After building the index, we can use it to retrieve the nearest neighbours either of existing questions (section 3.1), or of new questions that we embed (section 3.2).

4a. Find the Neighbours of an Example from the Dataset

If we’re only interested in measuring the similarities between the questions in the dataset (no outside queries), a simple way is to calculate the similarities between every pair of embeddings we have.

PYTHON
1# Choose an example (we'll retrieve others similar to it)
2example_id = 92
3# Retrieve nearest neighbors
4similar_item_ids = search_index.get_nns_by_item(example_id,10,
5 include_distances=True)
6# Format and print the text and distances
7results = pd.DataFrame(data={'texts': df.iloc[similar_item_ids[0]]['text'],
8 'distance': similar_item_ids[1]}).drop(example_id)
9print(f"Question:'{df.iloc[example_id]['text']}'\nNearest neighbors:")
10results
PYTHON
1# Output:
2Question:'What are bear and bull markets ?'
3Nearest neighbors:
textsdistance
614What animals do you find in the stock market ?0.896121
137What are equity securities ?0.970260
601What is “ the bear of beers ” ?0.978348
307What does NASDAQ stand for ?0.997819
683What is the rarest coin ?1.027727
112What are the world ‘s four oceans ?1.049661
864When did the Dow first reach ?1.050362
547Where can stocks be traded on-line ?1.053685
871What are the Benelux countries ?1.054899

4b.
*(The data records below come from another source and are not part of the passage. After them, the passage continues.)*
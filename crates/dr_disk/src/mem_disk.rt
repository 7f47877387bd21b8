ghost use Rattle.std.specs.Prelude.{◌≡◌, ◌+◌, ◌-◌, ◌≤◌, Some, length, take, drop, vec_len, vec_capacity, OnOk, IfOk, is_err};
ghost use Rattle.std.specs.Option.{option_map};
ghost use Rattle.dr_base.specs.Causes.{count_after, HasCause};
ghost use Rattle.dr_disk.specs.Disk.{written, Torn, Cut, NoOther, Follows, OnlyOne};
ghost use Rattle.dr_disk.specs.Memory.{IsImage, image_of, is_spent, answer_of, after_call, after_read, after_write, after_cut, after_sync};

use crate::spans::{MOST_SPANS, Span, add_span, copy_changes};
use crate::writes::{blot, put};
use crate::{Disk, GREATEST_LIMIT};
use dr_base::{Failed, NoMemory};
use std::alloc::{AllocError, Global};
use std::marker::Model;

/// A disk in memory, which can fail from a call on, and shows what a restart may find.
///
/// Each call of `Disk` that may fail spends one call of its fuse. Once the fuse is spent, every
/// such call fails and leaves all bytes as they were.
///
/// A sync copies what was written since the last one. Past 1,024 writes and cuts without a sync it
/// may copy more.
#[derive(Debug, Drop)]
pub struct MemDisk {
    bytes: Vec<u8>,
    synced: Vec<u8>,
    torn: Vec<u8>,
    // Where `synced` and `torn` may differ from `bytes`, so that a sync copies no more.
    changes: Vec<Span>,
    limit: u64,
    fuse: Option<u64>,
    faults: u64,
    read_calls: u64,
}

impl Model for MemDisk {
    ghost use Rattle.std.specs.Prelude.{◌≡◌, ◌≤◌, vec_len, vec_capacity};
    ghost use Rattle.dr_disk.specs.Spans.{SameOutside};
    ghost use Rattle.dr_disk.specs.Memory.{MemoryDisk};
    ghost use Rattle.dr_disk.specs.declared.spans.TheConstants.{MOST_SPANS};
    ghost use Rattle.dr_disk.specs.declared.disk.TheConstants.{GREATEST_LIMIT};

    ghost Value = { MemoryDisk };

    ghost view = { λ disk. record {
      bytes = disk.bytes.items;
      synced = disk.synced.items;
      torn = disk.torn.items;
      limit = disk.limit;
      fuse = disk.fuse;
      faults = disk.faults;
      read_calls = disk.read_calls;
    } };

    ghost invariant = { λ disk.
        (17 ≤ disk.limit) × (disk.limit ≤ GREATEST_LIMIT)
        × (vec_len disk.bytes ≤ disk.limit) × (vec_len disk.torn ≡ vec_len disk.bytes)
        × (disk.limit ≤ vec_capacity disk.bytes) × (disk.limit ≤ vec_capacity disk.synced)
        × (disk.limit ≤ vec_capacity disk.torn) × (MOST_SPANS ≤ vec_capacity disk.changes)
        × SameOutside disk.changes.items disk.synced.items disk.bytes.items
        × SameOutside disk.changes.items disk.torn.items disk.bytes.items };
}

// One call less of the fuse, or a fault where it is spent.
fn spend(fuse: &mut Option<u64>, faults: &mut u64) -> Result<(), Failed>
    ensures answer { is_err result ≡ is_spent fuse.old }
    ensures fuse { fuse.new ≡ option_map (λ calls. calls - 1) fuse.old }
    ensures faults { faults.new ≡ count_after (is_spent fuse.old) faults.old }
{
    match *fuse {
        None => Ok(()),
        Some(0) => {
            *faults = faults.saturating_add(1);
            Err(Failed)
        }
        Some(calls) => {
            *fuse = Some(calls - 1);
            Ok(())
        }
    }
}

// A file with room for so many bytes, which holds these.
fn with_room(alloc: Global, bytes: &[u8], room: usize) -> Result<Vec<u8>, AllocError>
    requires { length bytes.now ≤ room }
    ensures items { IfOk result (λ file. file.items ≡ bytes.now) }
    ensures room { IfOk result (λ file. room ≤ vec_capacity file) }
{
    let mut file = Vec::with_capacity(alloc, room)?;
    put(&mut file, 0, bytes);
    Ok(file)
}

impl MemDisk {
    /// A disk that reads these bytes, and of which a restart finds them. `limit` is its greatest
    /// length in bytes. With a fuse of `Some(calls)` it fails after so many calls, with `None`
    /// never. It takes its memory here, for `limit` bytes three times, and none later.
    pub fn new(
        alloc: Global,
        bytes: Vec<u8>,
        limit: u64,
        fuse: Option<u64>,
    ) -> Result<MemDisk, NoMemory>
        requires least { 17 ≤ limit }
        requires most { limit ≤ GREATEST_LIMIT }
        requires fits { vec_len bytes ≤ limit }
        ensures { IfOk result (λ disk. disk ≡ record {
          bytes = bytes.items;
          synced = bytes.items;
          torn = bytes.items;
          limit = limit;
          fuse = fuse;
          faults = 0;
          read_calls = 0;
        }) }
    {
        Ok(MemDisk::with_memory(alloc, &bytes, limit, fuse)?)
    }

    fn with_memory(
        alloc: Global,
        bytes: &[u8],
        limit: u64,
        fuse: Option<u64>,
    ) -> Result<MemDisk, AllocError>
        requires least { 17 ≤ limit }
        requires most { limit ≤ GREATEST_LIMIT }
        requires fits { length bytes.now ≤ limit }
        ensures { IfOk result (λ disk. disk ≡ record {
          bytes = bytes.now;
          synced = bytes.now;
          torn = bytes.now;
          limit = limit;
          fuse = fuse;
          faults = 0;
          read_calls = 0;
        }) }
    {
        let room = limit as usize;
        Ok(MemDisk {
            bytes: with_room(alloc, bytes, room)?,
            synced: with_room(alloc, bytes, room)?,
            torn: with_room(alloc, bytes, room)?,
            changes: Vec::with_capacity(alloc, MOST_SPANS)?,
            limit,
            fuse,
            faults: 0,
            read_calls: 0,
        })
    }

    /// What a restart may find, by number: 0 is what the disk reads, 1 what it read at the last
    /// sync, and 2 what it reads with 0xA5 for each byte that was written since the last sync. It
    /// takes memory for the copy, and spends no call of the fuse.
    pub fn image(&self, alloc: Global, pick: u32) -> Result<Vec<u8>, NoMemory>
        requires { pick ≤ 2 }
        ensures file { IfOk result (λ file. file.items ≡ image_of self.now pick) }
        ensures image { IfOk result (λ file. ⟦<MemDisk as Disk>⟧.images self.now file.items) }
        ensures length { pick ≡ 2 → IfOk result (λ file. vec_len file ≡ length self.now.bytes) }
    {
        let file = match pick {
            0 => &self.bytes,
            1 => &self.synced,
            _ => &self.torn,
        };
        Ok(file.to_vec(alloc)?)
    }

    /// How often `read_at` was called.
    pub fn read_calls(&self) -> u64
        ensures { result ≡ self.now.read_calls }
    {
        self.read_calls
    }
}

impl Disk for MemDisk {
    ghost use Rattle.std.specs.Prelude.{Some, ℕ, List, ◌≡◌};
    ghost use Rattle.std.proofs.Common.{inl, sym};
    ghost use Rattle.std.proofs.lemmas.Option.{same_Some};
    ghost use Rattle.dr_disk.specs.Memory.{IsImage};

    ghost reads = { λ disk. Some disk.bytes };

    ghost images = { IsImage };

    ghost limit = { λ disk. disk.limit };

    ghost faults = { λ disk. disk.faults };

    ghost finds = { λ disk file is. inl (sym (same_Some disk.bytes file is)) };

    fn limit(&self) -> u64 {
        self.limit
    }

    fn len(&mut self) -> Result<u64, Failed>
        ensures value { IfOk result (λ n. n ≡ length self.old.bytes) }
        ensures fits { IfOk result (λ n. n ≤ self.old.limit) }
        ensures same { self.new.bytes ≡ self.old.bytes }
        ensures images { NoOther (IsImage self.old) (IsImage self.new) }
        ensures limit { self.new.limit ≡ self.old.limit }
        ensures cause { HasCause self.old.faults self.new.faults result }
        ensures answer { result ≡ answer_of self.old (length self.old.bytes) }
        ensures disk { self.new ≡ after_call self.old }
    {
        spend(&mut self.fuse, &mut self.faults)?;
        Ok(self.bytes.len() as u64)
    }

    fn read_at(&mut self, at: u64, buf: &mut [u8]) -> Result<(), Failed>
        requires { at + length buf.old ≤ length self.old.bytes }
        ensures bytes { OnOk result (buf.new ≡ take (length buf.old) (drop at self.old.bytes)) }
        ensures same { self.new.bytes ≡ self.old.bytes }
        ensures images { NoOther (IsImage self.old) (IsImage self.new) }
        ensures limit { self.new.limit ≡ self.old.limit }
        ensures cause { HasCause self.old.faults self.new.faults result }
        ensures answer { is_err result ≡ is_spent self.old.fuse }
        ensures disk { self.new ≡ after_read self.old }
    {
        self.read_calls = self.read_calls.saturating_add(1);
        spend(&mut self.fuse, &mut self.faults)?;
        let start = at as usize;
        buf.copy_from_slice(&self.bytes[start..start + buf.len()]);
        Ok(())
    }

    fn write_at(&mut self, at: u64, bytes: &[u8]) -> Result<(), Failed>
        requires inside { at ≤ length self.old.bytes }
        requires fits { at + length bytes.now ≤ self.old.limit }
        ensures written { OnOk result (self.new.bytes ≡ written at bytes.now self.old.bytes) }
        ensures images { Follows (Torn at (length bytes.now)) (IsImage self.old) (IsImage self.new) }
        ensures limit { self.new.limit ≡ self.old.limit }
        ensures cause { HasCause self.old.faults self.new.faults result }
        ensures answer { is_err result ≡ is_spent self.old.fuse }
        ensures disk { self.new ≡ after_write at bytes.now self.old }
    {
        let from = at as usize;
        spend(&mut self.fuse, &mut self.faults)?;
        let to = from + bytes.len();
        add_span(&mut self.changes, Span { from, to });
        put(&mut self.bytes, from, bytes);
        blot(&mut self.torn, from, bytes);
        Ok(())
    }

    fn cut(&mut self, len: u64) -> Result<(), Failed>
        requires { len ≤ length self.old.bytes }
        ensures cut { OnOk result (self.new.bytes ≡ take len self.old.bytes) }
        ensures images { Follows (Cut len) (IsImage self.old) (IsImage self.new) }
        ensures limit { self.new.limit ≡ self.old.limit }
        ensures cause { HasCause self.old.faults self.new.faults result }
        ensures answer { is_err result ≡ is_spent self.old.fuse }
        ensures disk { self.new ≡ after_cut len self.old }
    {
        let from = len as usize;
        spend(&mut self.fuse, &mut self.faults)?;
        let to = self.bytes.len();
        add_span(&mut self.changes, Span { from, to });
        self.bytes.truncate(from);
        self.torn.truncate(from);
        Ok(())
    }

    fn sync(&mut self) -> Result<(), Failed>
        ensures one { OnOk result (OnlyOne (IsImage self.new) (Some self.old.bytes)) }
        ensures same { self.new.bytes ≡ self.old.bytes }
        ensures images { NoOther (IsImage self.old) (IsImage self.new) }
        ensures limit { self.new.limit ≡ self.old.limit }
        ensures cause { HasCause self.old.faults self.new.faults result }
        ensures answer { is_err result ≡ is_spent self.old.fuse }
        ensures disk { self.new ≡ after_sync self.old }
    {
        spend(&mut self.fuse, &mut self.faults)?;
        copy_changes(&self.bytes, &mut self.synced, &self.changes);
        copy_changes(&self.bytes, &mut self.torn, &self.changes);
        self.changes.clear();
        Ok(())
    }
}
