ghost use Rattle.std.specs.Prelude.{◌≡◌, ◌+◌, ◌≤◌, length, replicate, vec_len, vec_capacity};
ghost use Rattle.dr_disk.specs.Disk.{written};

// Puts bytes over what stands at a place and past the end, within the room.
pub(crate) fn put(file: &mut Vec<u8>, at: usize, bytes: &[u8])
    requires inside { at ≤ vec_len file.old }
    requires room { at + length bytes.now ≤ vec_capacity file.old }
    ensures items { file.new.items ≡ written at bytes.now file.old.items }
    ensures capacity { vec_capacity file.old ≤ vec_capacity file.new }
{
    let over = bytes.len().min(file.len() - at);
    let (front, back) = bytes.split_at(over);
    file[at..at + over].copy_from_slice(front);
    if file.extend_from_slice(back).is_err() {
        unreachable!();
    }
}

// Puts 0xA5 there in place of each of these bytes.
pub(crate) fn blot(file: &mut Vec<u8>, at: usize, bytes: &[u8])
    requires inside { at ≤ vec_len file.old }
    requires room { at + length bytes.now ≤ vec_capacity file.old }
    ensures items { file.new.items ≡ written at (replicate (length bytes.now) 165) file.old.items }
    ensures capacity { vec_capacity file.old ≤ vec_capacity file.new }
{
    put(file, at, bytes);
    file[at..at + bytes.len()].fill(0xA5);
}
Find the Neighbours of a User Query

We’re not limited to searching using existing items. If we get a query, we can embed it and find its nearest neighbours from the dataset.

PYTHON
1query = "What is the tallest mountain in the world?"
2
3# Get the query's embedding
4query_embed = co.embed(texts=[query],
5 model="embed-english-v2.0").embeddings
6
7# Retrieve the nearest neighbors
8similar_item_ids = search_index.get_nns_by_vector(query_embed[0],10,
9 include_distances=True)
10# Format the results
11results = pd.DataFrame(data={'texts': df.iloc[similar_item_ids[0]]['text'],
12 'distance': similar_item_ids[1]})
13
14
15print(f"Query:'{query}'\nNearest neighbors:")
16results
textsdistance
236What is the name of the tallest mountain in the world ?0.431913
670What is the highest mountain in the world ?0.436290
907What mountain range is traversed by the highest railroad in the world ?0.715265
435What is the highest peak in Africa ?0.717943
354What ocean is the largest in the world ?0.762917
412What was the highest mountain on earth before Mount Everest was discovered ?0.767649
109Where is the highest point in Japan ?0.784319
114What is the largest snake in the world ?0.789743
656What ‘s the tallest building in New York City ?0.793982
901What ‘s the longest river in the world ?0.794352

5. Visualize the archive

PYTHON
1#@title Plot the archive {display-mode: "form"}
2
3# UMAP reduces the dimensions from 1024 to 2 dimensions that we can plot
4reducer = umap.UMAP(n_neighbors=20)
5umap_embeds = reducer.fit_transform(embeds)
6# Prepare the data to plot and interactive visualization
7# using Altair
8df_explore = pd.DataFrame(data={'text': df['text']})
9df_explore['x'] = umap_embeds[:,0]
10df_explore['y'] = umap_embeds[:,1]
11
12# Plot
13chart = alt.Chart(df_explore).mark_circle(size=60).encode(
14 x=#'x',
15 alt.X('x',
16 scale=alt.Scale(zero=False)
17 ),
18 y=
19 alt.Y('y',
20 scale=alt.Scale(zero=False)
21 ),
22 tooltip=['text']
23).properties(
24 width=700,
25 height=400
26)
27chart.interactive()
topics?

Conclusion

This concludes this introductory guide to semantic search using sentence embeddings. As you continue the path of building a search product additional considerations arise (like dealing with long texts, or training to better improve the embeddings for a specific use case).